Cholinergic system during the progression of Alzheimer's disease: therapeutic implications

Abstract

Alzheimer's disease (AD) is characterized by a progressive phenotypic downregulation of markers within cholinergic basal forebrain (CBF) neurons, frank CBF cell loss and reduced cortical choline acetyltransferase activity associated with cognitive decline. Delaying CBF neurodegeneration or minimizing its consequences is the mechanism of action for most currently available drug treatments for cognitive dysfunction in AD. Growing evidence suggests that imbalances in the expression of NGF, its precursor proNGF and the high (TrkA) and low (p75(NTR)) affinity NGF receptors are crucial factors underlying CBF dysfunction in AD. Drugs that maintain a homeostatic balance between TrkA and p75(NTR) may slow the onset of AD. A NGF gene therapy trial reduced cognitive decline and stimulated cholinergic fiber growth in humans with mild AD. Drugs treating the multiple pathologies and clinical symptoms in AD (e.g., M1 cholinoceptor and/or galaninergic drugs) should be considered for a more comprehensive treatment approach for cholinergic dysfunction.

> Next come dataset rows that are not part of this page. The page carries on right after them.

//! The places where the beginning of a lock may stop, its end, once the mutex was handed on or the deadline came, and
//! its unlocking, at which the pass comes back.
use super::acts::Act::{Begin, Finish, Lock, LockAtLast, Lose, Unlock, UnlockAtLast, UnlockFast};
use super::acts::{
    AGAIN, Act, Ask, BUSY, CORE_BUSY, DEADLOCK, DONE, FULL, PASSED, SHORT, TIMED_OUT, WAITING,
};
use super::boards::{ATTACH, ATTACHED, CEILING, CONTENDED, FIRST, GROWN, NORMAL, PUT, SECOND};
use super::phases::{Left, Phase, Side, Step, listed, phases};
use super::rows::is_row;
use crate::rows::steps;

// A mutex with a ceiling is tried, and begun, while the core is held: the word stays free, and the next try takes it
// and is reported to the kernel.
const TRIED_WHILE_HELD: [Phase<'_>; 3] = phases![
    Free (&ATTACHED) Left::Free(2);
    Held [0 Lock(FIRST) => CORE_BUSY, 1 Begin(FIRST, None) => CORE_BUSY] Left::Free(2);
    Free [0 Lock(FIRST) => PASSED] Left::Raised(3, 0);
];

#[test]
fn ceiling_is_tried_while_the_core_is_held(rt: HostRuntime) {
    assert!(rt; is_row(&rt, rt.alloc(), CEILING, 100, &TRIED_WHILE_HELD));
}

// The same in a full history: the word stays free for good.
const TRIED_IN_FULL: [Phase<'_>; 2] = phases![
    Free (&ATTACHED) Left::Free(2);
    Free [0 Lock(FIRST) => FULL, 1 Begin(FIRST, None) => FULL,
        1 LockAtLast(FIRST, None) => FULL] Left::Free(2);
];

#[test]
fn ceiling_is_tried_in_a_full_history(rt: HostRuntime) {
    assert!(rt; is_row(&rt, rt.alloc(), CEILING, 2, &TRIED_IN_FULL));
}

// The same without memory.
const TRIED_SHORT: [Phase<'_>; 3] = phases![
    Free (&GROWN) Left::Free(4);
    Short [0 Lock(FIRST) => SHORT, 1 Begin(FIRST, None) => SHORT,
        1 LockAtLast(FIRST, None) => SHORT] Left::Free(4);
    Free [1 Begin(FIRST, None) => PASSED] Left::Raised(5, 1);
];

#[test]
fn ceiling_is_tried_without_memory(rt: HostRuntime) {
    assert!(rt; is_row(&rt, rt.alloc(), CEILING, 100, &TRIED_SHORT));
}

// A mutex with a ceiling that another has: the try leaves no mark and no entry, and comes through once it is free.
const TRIED_WHILE_TAKEN: [Phase<'_>; 4] = phases![
    Free (&ATTACHED) Left::Free(2);
    Free [0 Lock(FIRST) => PASSED] Left::Raised(3, 0);
    Free [1 Lock(FIRST) => BUSY] Left::Raised(3, 0);
    Free [0 Unlock(FIRST) => DONE, 1 Lock(FIRST) => PASSED] Left::Raised(5, 1);
];

#[test]
fn taken_ceiling_is_tried(rt: HostRuntime) {
    assert!(rt; is_row(&rt, rt.alloc(), CEILING, 100, &TRIED_WHILE_TAKEN));
}

// A lock begins while the core is held: the mutex isn't claimed, so its owner needs no kernel to unlock it, and the
// next beginning has it.
const BEGUN_WHILE_HELD: [Phase<'_>; 4] = phases![
    Free (&ATTACHED) Left::Free(2);
    Free [0 Lock(FIRST) => PASSED] Left::Owned(2, 0);
    Held [1 Lock(FIRST) => BUSY, 1 Begin(FIRST, None) => CORE_BUSY] Left::Owned(2, 0);
    Free [0 UnlockFast(FIRST) => DONE, 1 Begin(FIRST, None) => PASSED] Left::Owned(2, 1);
];

#[test]
fn lock_begins_while_the_core_is_held(rt: HostRuntime) {
    assert!(rt; is_row(&rt, rt.alloc(), NORMAL, 100, &BEGUN_WHILE_HELD));
}

// The same without memory: the next beginning waits.
const BEGUN_SHORT: [Phase<'_>; 4] = phases![
    Free (&GROWN) Left::Free(4);
    Free [0 Lock(FIRST) => PASSED] Left::Owned(4, 0);
    Short [1 Begin(FIRST, None) => SHORT, 1 LockAtLast(FIRST, None) => SHORT] Left::Owned(4, 0);
    Free [1 Begin(FIRST, None) => WAITING] Left::Awaited(5, 0, 1);
];

#[test]
fn lock_begins_without_memory(rt: HostRuntime) {
    assert!(rt; is_row(&rt, rt.alloc(), NORMAL, 100, &BEGUN_SHORT));
}

// A claim that would close a ring is refused and leaves its mark: the owner asks the kernel when it unlocks, which
// finds nobody waiting, and the mutex is free.
const REFUSED: [Phase<'_>; 5] = phases![
    Free (&ATTACHED) Left::Free(2);
    Free [0 Lock(FIRST) => PASSED, 1 Lock(SECOND) => PASSED,
        0 Begin(SECOND, None) => WAITING] Left::Owned(3, 0);
    Free [1 Begin(FIRST, None) => DEADLOCK, 0 UnlockFast(FIRST) => BUSY] Left::Marked(4, 0);
    Free [1 Unlock(SECOND) => DONE, 0 Finish => PASSED,
        0 UnlockFast(FIRST) => BUSY] Left::Marked(6, 0);
    Free [0 Unlock(FIRST) => DONE, 1 Begin(FIRST, None) => PASSED,
        1 UnlockFast(FIRST) => DONE] Left::Free(7);
];

#[test]
fn refused_claim_leaves_its_mark(rt: HostRuntime) {
    assert!(rt; is_row(&rt, rt.alloc(), NORMAL, 100, &REFUSED));
}

// A pass is lost: its caller keeps the mutex, another one waits for it until its deadline, and goes on with all else.
const LOST: [Phase<'_>; 3] = phases![
    Free (&ATTACHED) Left::Free(2);
    Free [0 Lock(FIRST) => PASSED, 0 Lose(FIRST) => DONE, 0 Lock(FIRST) => DEADLOCK,
        1 Lock(FIRST) => BUSY] Left::Owned(2, 0);
    Free [1 LockAtLast(FIRST, Some(0)) => TIMED_OUT, 0 Lock(SECOND) => PASSED,
        0 UnlockFast(SECOND) => DONE, 1 Lock(SECOND) => PASSED] Left::Marked(4, 0);
];

#[test]
fn lost_pass_keeps_the_mutex(rt: HostRuntime) {
    assert!(rt; is_row(&rt, rt.alloc(), NORMAL, 100, &LOST));
}

// A second one that would wait finds the core held: the first one's wait is as before.
const SECOND_WAITER: [Phase<'_>; 5] = phases![
    Free (&CONTENDED) Left::Awaited(3, 0, 1);
    Free [2 ATTACH => DONE] Left::Awaited(4, 0, 1);
    Held [2 Lock(FIRST) => BUSY, 2 Begin(FIRST, None) => CORE_BUSY, 1 Finish => CORE_BUSY,
        0 Unlock(FIRST) => CORE_BUSY] Left::Awaited(4, 0, 1);
    Free [2 Begin(FIRST, None) => WAITING] Left::Awaited(5, 0, 2);
    Free [0 Unlock(FIRST) => DONE, 1 Finish => PASSED] Left::Awaited(7, 1, 1);
];

#[test]
fn second_waiter_comes_while_the_core_is_held(rt: HostRuntime) {
    assert!(rt; is_row(&rt, rt.alloc(), NORMAL, 100, &SECOND_WAITER));
}

const HANDED: [Step; 1] = steps![0 Unlock(FIRST) => DONE];

// The second caller waits until a date, which comes.
const LATE: [Step; 3] = steps![
    0 Lock(FIRST) => PASSED, 1 Begin(FIRST, Some(5)) => WAITING, 2 Act::Call(Ask::Tick(10)) => DONE,
];

// The mutex was handed on, and the core is held: it stays offered, so nobody else gets it, and the next finish has it.
const FINISHED_WHILE_HELD: [Phase<'_>; 4] = phases![
    Free (&CONTENDED) Left::Awaited(3, 0, 1);
    Free (&HANDED) Left::Offered(4, 1);
    Held [1 Finish => CORE_BUSY, 0 Lock(FIRST) => BUSY, 1 Lock(SECOND) => BUSY] Left::Offered(4, 1);
    Free [1 Finish => PASSED, 1 UnlockFast(FIRST) => DONE] Left::Free(5);
];

#[test]
fn finish_while_the_core_is_held(rt: HostRuntime) {
    assert!(rt; is_row(&rt, rt.alloc(), NORMAL, 100, &FINISHED_WHILE_HELD));
}

// The same in a full history: the mutex stays offered, and the wait unfinished, for good.
const FINISHED_IN_FULL: [Phase<'_>; 3] = phases![
    Free (&CONTENDED) Left::Awaited(3, 0, 1);
    Free (&HANDED) Left::Offered(4, 1);
    Free [1 Finish => FULL, 0 Lock(FIRST) => BUSY, 1 Lock(SECOND) => BUSY,
        0 Lock(SECOND) => PASSED] Left::Offered(4, 1);
];

#[test]
fn finish_in_a_full_history(rt: HostRuntime) {
    assert!(rt; is_row(&rt, rt.alloc(), NORMAL, 4, &FINISHED_IN_FULL));
}

// The same without memory: the next finish has it.
const FINISHED_SHORT: [Phase<'_>; 4] = phases![
    Free (&CONTENDED) Left::Awaited(3, 0, 1);
    Free (&HANDED) Left::Offered(4, 1);
    Short [1 Finish => SHORT, 0 Lock(FIRST) => BUSY, 1 Lock(SECOND) => BUSY] Left::Offered(4, 1);
    Free [1 Finish => PASSED] Left::Owned(5, 1);
];

#[test]
fn finish_without_memory(rt: HostRuntime) {
    assert!(rt; is_row(&rt, rt.alloc(), NORMAL, 100, &FINISHED_SHORT));
}

// The deadline came, and the core is held: the wait stays unfinished, and the mark remains. It stays after the finish
// too, so that the owner asks the kernel when it unlocks.
const LATE_WHILE_HELD: [Phase<'_>; 5] = phases![
    Free (&ATTACHED) Left::Free(2);
    Free (&LATE) Left::Marked(4, 0);
    Held [1 Finish => CORE_BUSY, 1 Lock(SECOND) => BUSY,
        0 UnlockFast(FIRST) => BUSY] Left::Marked(4, 0);
    Free [1 Finish => TIMED_OUT, 0 UnlockFast(FIRST) => BUSY] Left::Marked(5, 0);
    Free [0 Unlock(FIRST) => DONE, 1 Lock(FIRST) => PASSED,
        1 UnlockFast(FIRST) => DONE] Left::Free(6);
];

#[test]
fn late_finish_while_the_core_is_held(rt: HostRuntime) {
    assert!(rt; is_row(&rt, rt.alloc(), NORMAL, 100, &LATE_WHILE_HELD));
}

// The same in a full history: wait and mark stay for good.
const LATE_IN_FULL: [Phase<'_>; 3] = phases![
    Free (&ATTACHED) Left::Free(2);
    Free (&LATE) Left::Marked(4, 0);
    Free [1 Finish => FULL, 1 Lock(SECOND) => BUSY, 0 Unlock(FIRST) => FULL] Left::Marked(4, 0);
];

#[test]
fn late_finish_in_a_full_history(rt: HostRuntime) {
    assert!(rt; is_row(&rt, rt.alloc(), NORMAL, 4, &LATE_IN_FULL));
}

// The same without memory.
const LATE_SHORT: [Phase<'_>; 4] = phases![
    Free (&ATTACHED) Left::Free(2);
    Free (&LATE) Left::Marked(4, 0);
    Short [1 Finish => SHORT, 1 Lock(SECOND) => BUSY, 0 Unlock(FIRST) => SHORT] Left::Marked(4, 0);
    Free [1 Finish => TIMED_OUT] Left::Marked(5, 0);
];

#[test]
fn late_finish_without_memory(rt: HostRuntime) {
    assert!(rt; is_row(&rt, rt.alloc(), NORMAL, 100, &LATE_SHORT));
}

// A lock by the form that waits stops at its finish: the wait is left unfinished, and finished later.
const LATE_LOCK: Act = LockAtLast(FIRST, Some(0));

const LOCKED: [Step; 2] = steps![2 PUT => DONE, 0 Lock(FIRST) => PASSED];

const LOCK_IN_FULL: [Phase<'_>; 3] = phases![
    Free (&ATTACHED) Left::Free(2);
    Free (&LOCKED) Left::Owned(3, 0);
    Free [1 LATE_LOCK => FULL, 1 Lock(SECOND) => BUSY, 1 LATE_LOCK => BUSY] Left::Marked(4, 0);
];

const LOCK_SHORT: [Phase<'_>; 4] = phases![
    Free (&ATTACHED) Left::Free(2);
    Free (&LOCKED) Left::Owned(3, 0);
    Short [1 LATE_LOCK => SHORT, 1 Lock(SECOND) => BUSY] Left::Marked(4, 0);
    Free [1 Finish => TIMED_OUT, 0 Unlock(FIRST) => DONE] Left::Free(6);
];

#[test]
fn lock_stops_at_its_finish(rt: HostRuntime) {
    assert!(rt; is_row(&rt, rt.alloc(), NORMAL, 4, &LOCK_IN_FULL));
    assert!(rt; is_row(&rt, rt.alloc(), NORMAL, 100, &LOCK_SHORT));
}

// A contended mutex is unlocked while the core is held: its word is found claimed, and the owner keeps it; then it is
// handed on, and its next owner isn't marked.
const UNLOCKED_WHILE_HELD: [Phase<'_>; 3] = phases![
    Free (&CONTENDED) Left::Awaited(3, 0, 1);
    Held [0 UnlockFast(FIRST) => BUSY, 0 Unlock(FIRST) => CORE_BUSY,
        1 Finish => CORE_BUSY] Left::Awaited(3, 0, 1);
    Free [1 Finish => AGAIN, 0 Unlock(FIRST) => DONE, 1 Finish => PASSED] Left::Owned(5, 1);
];

#[test]
fn contended_unlock_while_the_core_is_held(rt: HostRuntime) {
    assert!(rt; is_row(&rt, rt.alloc(), NORMAL, 100, &UNLOCKED_WHILE_HELD));
}

// The same in a full history: owner, wait and mark stay for good.
const UNLOCKED_IN_FULL: [Phase<'_>; 2] = phases![
    Free (&CONTENDED) Left::Awaited(3, 0, 1);
    Free [0 Unlock(FIRST) => FULL, 0 UnlockAtLast(FIRST) => FULL, 1 Finish => AGAIN,
        0 UnlockFast(FIRST) => BUSY] Left::Awaited(3, 0, 1);
];

#[test]
fn contended_unlock_in_a_full_history(rt: HostRuntime) {
    assert!(rt; is_row(&rt, rt.alloc(), NORMAL, 3, &UNLOCKED_IN_FULL));
}

// The same without memory.
const UNLOCKED_SHORT: [Phase<'_>; 4] = phases![
    Free (&CONTENDED) Left::Awaited(3, 0, 1);
    Free [2 PUT => DONE] Left::Awaited(4, 0, 1);
    Short [0 Unlock(FIRST) => SHORT, 0 UnlockAtLast(FIRST) => SHORT,
        1 Finish => AGAIN] Left::Awaited(4, 0, 1);
    Free [0 Unlock(FIRST) => DONE, 1 Finish => PASSED] Left::Owned(6, 1);
];

#[test]
fn contended_unlock_without_memory(rt: HostRuntime) {
    assert!(rt; is_row(&rt, rt.alloc(), NORMAL, 100, &UNLOCKED_SHORT));
}

// A mutex with a ceiling is unlocked while the core is held: it stays raised, until the next try.
const LOWERED_WHILE_HELD: [Phase<'_>; 4] = phases![
    Free (&ATTACHED) Left::Free(2);
    Free [0 Lock(FIRST) => PASSED] Left::Raised(3, 0);
    Held [0 Unlock(FIRST) => CORE_BUSY] Left::Raised(3, 0);
    Free [0 Unlock(FIRST) => DONE] Left::Free(4);
];

#[test]
fn ceiling_is_unlocked_while_the_core_is_held(rt: HostRuntime) {
    assert!(rt; is_row(&rt, rt.alloc(), CEILING, 100, &LOWERED_WHILE_HELD));
}

// The same in a full history: it stays raised for good.
const LOWERED_IN_FULL: [Phase<'_>; 3] = phases![
    Free (&ATTACHED) Left::Free(2);
    Free [0 Lock(FIRST) => PASSED] Left::Raised(3, 0);
    Free [0 Unlock(FIRST) => FULL, 0 UnlockAtLast(FIRST) => FULL,
        1 Lock(FIRST) => FULL] Left::Raised(3, 0);
];

#[test]
fn ceiling_is_unlocked_in_a_full_history(rt: HostRuntime) {
    assert!(rt; is_row(&rt, rt.alloc(), CEILING, 3, &LOWERED_IN_FULL));
}

// The same without memory.
const LOWERED_SHORT: [Phase<'_>; 4] = phases![
    Free (&ATTACHED) Left::Free(2);
    Free [2 PUT => DONE, 0 Lock(FIRST) => PASSED] Left::Raised(4, 0);
    Short [0 Unlock(FIRST) => SHORT, 0 UnlockAtLast(FIRST) => SHORT] Left::Raised(4, 0);
    Free [0 UnlockAtLast(FIRST) => DONE] Left::Free(5);
];

#[test]
fn ceiling_is_unlocked_without_memory(rt: HostRuntime) {
    assert!(rt; is_row(&rt, rt.alloc(), CEILING, 100, &LOWERED_SHORT));
}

Figure 1. Schematic diagrams show the shifting stoichiometric relationships of several gene products underlying cholinergic basal forebrain (CBF) survival during the progression of Alzheimer's disease (AD)

(A) The relationship between cortical levels of TrkA and proNGF and MMSE scores reveal that poorer performance on the MMSE is associated with decreased TrkA and increased proNGF protein levels in the cortex. (B) Shifts in the balance of NGF metabolism, NGF receptor and coreceptor expression, and tau isoform expression may contribute to the degeneration of CBF neurons in AD. MMSE: Mini Mental State Exam.